I don't want to cut the pins on the switch machines any shorter, so at this point I'm think popsicle sticks as spacers, 2 or 3 thick seem to be about right and gluing some together right now. Then will cut them shorter so one block under each end of the switch machine.. and since the screws won't work right now. I'm thinking silicon glue the wood to the switch machine, then once that dries, hot glue the wood blocks to the plywood. So that would leave then removable by separating the machine from the silicon when the need arises..

And being a make shift fix, I was wondering of anybody had any better ideas to mount these switch machine with out cutting the throw pin any shorter?


----------



## traction fan (Oct 5, 2014)

*Popsicle sticks*



Zug said:


> I've got to the point I want to start mounting my Atlas under table switch machines on the new layout, both the metal pin type with the switch contacts and the type the have just the plastic pin and no switching connection for other stuff. All have been used on previous layouts and the pins were cut for 3/8" plywood plus road bed.
> 
> the problem is when I bought the plywood for this layout I got 1/4" instead, and yes now I'm thinking I went too thin, but I got too much done to want to start over...
> 
> ...


Zug;

Your idea of shimming down 1/8" to get back to your old 3/8" thickness is good. I advise you to use pieces of 1/8" thick MDF or Masonite, instead of Popsicle sticks. The sticks split very easily. Even if you don't drill through them and use screws, they're semi-brittle, and will get more so over time. The MDF or Masonite are a lot more stable. No sense in mounting the machines and then having to do it over again later.
The 1/4" thick plywood will be somewhat more inclined to warp than thicker stock. It can work well though. Plenty of L-girder shaped bracing, and a coat of exterior house paint to seal the wood will help prevent warping. The L-girders don't need to be the massive 1x4 and 1x3
versions that were used back when. I've used 1/4" Luan plywood braced with 1"x 1/4" lath boards. Works fine. The L shape is impossible to bend in any size. Enough force can break it, but not bend it. That's why it's so good at keeping even thin plywood straight.

regards;

Traction Fan:smilie_daumenpos:


----------



## Zug (May 4, 2012)

I was thinking about using left over 1/4" plywood from the board I bought if that worked.. the popclycle sticks are just convent.. 

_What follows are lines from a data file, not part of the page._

//! The bytes of `pdin` (ISO/IEC 14496-12, 8.1.3).

use crate::tests::own_boxes::has_fault;
use example_boxes::{Pdin, PdinBox, PdinEntry};
use mp4_stream::Result as Made;
use std::alloc::Global;
use std::test::Fail;
use test_shared::helpers::{Kind, expect_kind};
use test_shared::made;

/// Three entries. The bytes of the fields count up from 0x81, after the version.
const BYTES: [u8; 36] = *b"\0\0\0\x24pdin\0\x81\x82\x83\
\x84\x85\x86\x87\x88\x89\x8a\x8b\
\x8c\x8d\x8e\x8f\x90\x91\x92\x93\
\x94\x95\x96\x97\x98\x99\x9a\x9b";

/// The entries of `BYTES`.
const ENTRIES: [PdinEntry; 3] = [
    PdinEntry {
        rate: 0x8485_8687,
        initial_delay: 0x8889_8a8b,
    },
    PdinEntry {
        rate: 0x8c8d_8e8f,
        initial_delay: 0x9091_9293,
    },
    PdinEntry {
        rate: 0x9495_9697,
        initial_delay: 0x9899_9a9b,
    },
];

/// Makes a box with these fields.
fn pdin(alloc: Global, version: u8, flags: u32, entries: &[PdinEntry]) -> Made<PdinBox> {
    Ok(PdinBox::new(Pdin {
        version,
        flags,
        entries: Vec::from_slice(alloc, entries)?.into(),
    }))
}

#[test]
fn pdin_is_written_and_read(rt: HostRuntime) -> Result<(), Fail> {
    let alloc = rt.alloc();
    let two = pdin(alloc, 0, 0x81_8283, &ENTRIES[..2]);
    let none = pdin(alloc, 0, 0, &[]);
    made::round_trip(alloc, pdin(alloc, 0, 0x81_8283, &ENTRIES), &BYTES)
        .and(made::value(alloc, two, &BYTES, 28))
        .and(made::round_trip(alloc, none, b"\0\0\0\x0cpdin\0\0\0\0"))?;
    Ok(())
}

/// Returns whether a size and a version that do not fit have their faults.
fn has_faults(alloc: Global) -> bool {
    let first = b"\0\0\0\x0cpdin\x01\x81\x82\x83";
    has_fault::<PdinBox>(alloc, &BYTES, 35, "entries do not fill the box")
        && has_fault::<PdinBox>(alloc, first, 12, "version must be 0")
}

#[test]
fn sizes_and_versions_that_do_not_fit(rt: HostRuntime) -> Result<(), Fail> {
    let alloc = rt.alloc();
    assert!(rt; has_faults(alloc));
    expect_kind::<PdinBox>(alloc, &BYTES[..35], 36, Kind::End)
        .and(made::unwritable(alloc, pdin(alloc, 1, 0, &[])))
        .and(made::written(alloc, pdin(alloc, 0, 0xff_ffff, &[]), 12))
        .and(made::unwritable(alloc, pdin(alloc, 0, 0x100_0000, &[])))?;
    Ok(())
}
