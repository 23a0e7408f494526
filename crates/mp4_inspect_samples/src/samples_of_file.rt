//! Writing the samples of a file.

ghost use Rattle.std.specs.Prelude.{◌≡◌, ◌++◌, map, IfOk, IfSome, OnOk, Some};
ghost use Rattle.mp4_walk.specs.FileBoxes.{boxes_of};
ghost use Rattle.mp4_inspect_samples.specs.Chosen.{WritesChosen};
ghost use Rattle.mp4_inspect_samples.specs.Samples.{AreParts, WritesSamples, box_fault, is_movie, limit_of};
ghost use Rattle.mp4_inspect_samples.specs.Samples.{movie_faults};

use crate::choice::Choice;
use crate::fault::{Fault, TrackFault};
use crate::fragments::fragments_of;
use crate::heading::{write_end, write_front};
use crate::limit::Limit;
use crate::lists::keep;
use crate::segments::write_segments;
use crate::tracks::{Ahead, keep_absent, write_tracks};
use mp4_frame::codes::{MOOF, MOOV};
use mp4_io::{Failure, Output, or_read};
use mp4_movie::{BoxError, Defaults, MoofFragments, Movie, TrackInfo, has_box, movie_in};
use mp4_walk::{BoxWalk, Source, TreeBox};
use std::alloc::{AllocError, Global};
use std::io::Write;

/// The parts of a movie that its samples need.
#[derive(Drop)]
pub struct MovieParts {
    /// The fault of each `trex` that can't be read.
    pub errors: Vec<BoxError>,
    /// The fragments of each `moof`.
    pub moofs: Vec<MoofFragments>,
    /// The headers of the tracks.
    pub infos: Vec<TrackInfo>,
}

/// Returns the parts of a movie that its samples need.
fn parts_of<S: Source>(alloc: Global, movie: &mut Movie<S>) -> Result<MovieParts, Failure>
    ensures value { IfSome movie.old.bytes (λ file. IfOk result (AreParts file)) }
    ensures kept { movie.new ≡ movie.old }
{
    let Defaults {
        by_track: _,
        faults: errors,
    } = or_read(movie.defaults(alloc))?;
    let moofs = or_read(movie.fragments(alloc))?;
    let infos = or_read(movie.tracks(alloc))?;
    Ok(MovieParts {
        errors,
        moofs,
        infos,
    })
}

/// Stores the fault of each `trex` that has one. The fragments of its track have no defaults then.
pub fn keep_errors(errors: Vec<BoxError>, faults: &mut Vec<TrackFault>) -> Result<(), AllocError>
    ensures { OnOk result (faults.new.items ≡ faults.old.items ++ map box_fault errors.items) }
{
    for error in errors {
        let fault = TrackFault {
            track: None,
            fault: Fault::Box(error),
        };
        keep(faults, fault)?;
    }
    Ok(())
}

/// Returns whether a file with the boxes `boxes` has a `moov` or a `moof`.
fn is_movie(boxes: &[TreeBox]) -> bool
    ensures { result ≡ is_movie boxes.now }
{
    has_box(boxes, 0, MOOV) || has_box(boxes, 0, MOOF)
}

/// Stores the fault of a file with the boxes `boxes` that has no `moov` and no `moof`.
pub fn keep_no_movie(boxes: &[TreeBox], faults: &mut Vec<TrackFault>) -> Result<(), AllocError>
    ensures { OnOk result (faults.new.items ≡ faults.old.items ++ movie_faults boxes.now) }
{
    if is_movie(boxes) {
        return Ok(());
    }
    let fault = TrackFault {
        track: None,
        fault: Fault::NoMovie,
    };
    keep(faults, fault)
}

/// Returns the rule by which the samples of the file that `walk` walks over are listed.
pub fn limit_of<S: Source>(walk: &BoxWalk<S>, choice: Choice) -> Limit
    ensures { IfSome walk.now.bytes (λ file. result ≡ limit_of choice file) }
{
    Limit {
        length: walk.length(),
        beyond: choice.beyond,
    }
}

/// Writes the samples of a file with the boxes `boxes`, by the parts of its movie.
fn write_parts<S: Source, W: Write>(
    alloc: Global,
    walk: &mut BoxWalk<S>,
    boxes: &[TreeBox],
    parts: MovieParts,
    choice: Choice,
    output: &mut Output<W>,
    faults: &mut Vec<TrackFault>,
) -> Result<(), Failure>
    ensures samples { IfSome walk.old.bytes
        (λ file. boxes.now ≡ boxes_of file → AreParts file parts
        → OnOk result (WritesSamples choice file (W.contents output.old.inner) (W.contents output.new.inner)
        faults.old.items faults.new.items)) }
{
    let limit = limit_of(walk, choice);
    let MovieParts {
        errors,
        moofs,
        infos,
    } = parts;
    keep_errors(errors, faults)?;
    let fragments = fragments_of(alloc, walk, boxes, moofs, faults)?;
    write_front(choice.form, output)?;
    let mut ahead = Ahead::new(alloc, fragments);
    let movie = movie_in(boxes);
    write_tracks(
        alloc, walk, movie, infos, choice, limit, &mut ahead, output, faults,
    )?;
    keep_absent(&ahead, choice.track, faults)?;
    keep_no_movie(boxes, faults)?;
    write_end(choice.form, output)
}

/// Writes the samples of a file, a row for each. The rows of one track follow those of another. In a track the rows of
/// its tables come first, then those of its fragments. The rows of a track end before the first sample that isn't
/// listed. Stores the faults of tracks, and writes the samples of the other tracks. Needs memory for the boxes of the
/// file and for the runs of all fragments. If `choice.segments` asks for it, writes a row for each `moof` instead.
pub fn write_samples<S: Source, W: Write>(
    alloc: Global,
    source: S,
    choice: Choice,
    output: &mut Output<W>,
    faults: &mut Vec<TrackFault>,
) -> Result<(), Failure>
    ensures samples { IfSome (S.all source)
        (λ file. OnOk result (WritesChosen choice.segments choice file (W.contents output.old.inner)
        (W.contents output.new.inner) faults.old.items faults.new.items)) }
{
    let mut movie = or_read(Movie::open(alloc, source))?;
    let parts = parts_of(alloc, &mut movie)?;
    let (mut walk, boxes) = movie.into_parts();
    if choice.segments {
        write_segments(alloc, &mut walk, &boxes, parts, choice, output, faults)
    } else {
        write_parts(alloc, &mut walk, &boxes, parts, choice, output, faults)
    }
}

the layout itsself is two 2' by 4' sections each with 1" by 3" boards on the front and back and ends screwed and glued, standing on six 2" by 4" legs. so it's already pretty strong. but I'll see where I can add extra braces after the switch machines are in place. I also discovered there's a hazard to using thin wood.. Atlas track nails poke out the bottom..


----------



## CTValleyRR (Jul 26, 2014)

I agree that your approach is the correct one. It really doesn't matter what you use for a shim -- plywood, basswood, styrene, popsicle sticks, etc, -- as long as you can mount it.

Personally, I use double-sided foam tape to mount servos under the layout.


----------



## tr1 (Mar 9, 2013)

*Are Under the table switch motors for turnouts really that unreliable?*

would a little graphite in the correct spaces for easy movement help?
Would a "capacitor discharge unit" help give the "switch motor" a good jolt of volts to work? 
Would a aluminum tube placed over the plastic shaft possibly work?
(I'm sure some minor alterations or combination of alterations of that will eventually work!?
Good luck with your current dilemma there
I'll try to stay in the loop.
Regards,tr1


----------



## traction fan (Oct 5, 2014)

*Under the Table*



tr1 said:


> would a little graphite in the correct spaces for easy movement help?
> Would a "capacitor discharge unit" help give the "switch motor" a good jolt of volts to work?
> Would a aluminum tube placed over the plastic shaft possibly work?
> (I'm sure some minor alterations or combination of alterations of that will eventually work!?
> ...


tr1;

Done correctly the motor should work just as well under the table as on top. The Atlas twin coil switch machine is very weak, compared to other switch machines, either twin coil like Peco, or DC stall motor like tortoise. Yes a capacitive discharge unit will help snap the points over a bit better. Perhaps more importantly, the CD unit will prevent meltdown of the Atlas twin coil machine if a button is held a second too long, or shorts. 

regards;

Traction Fan:smilie_daumenpos:


----------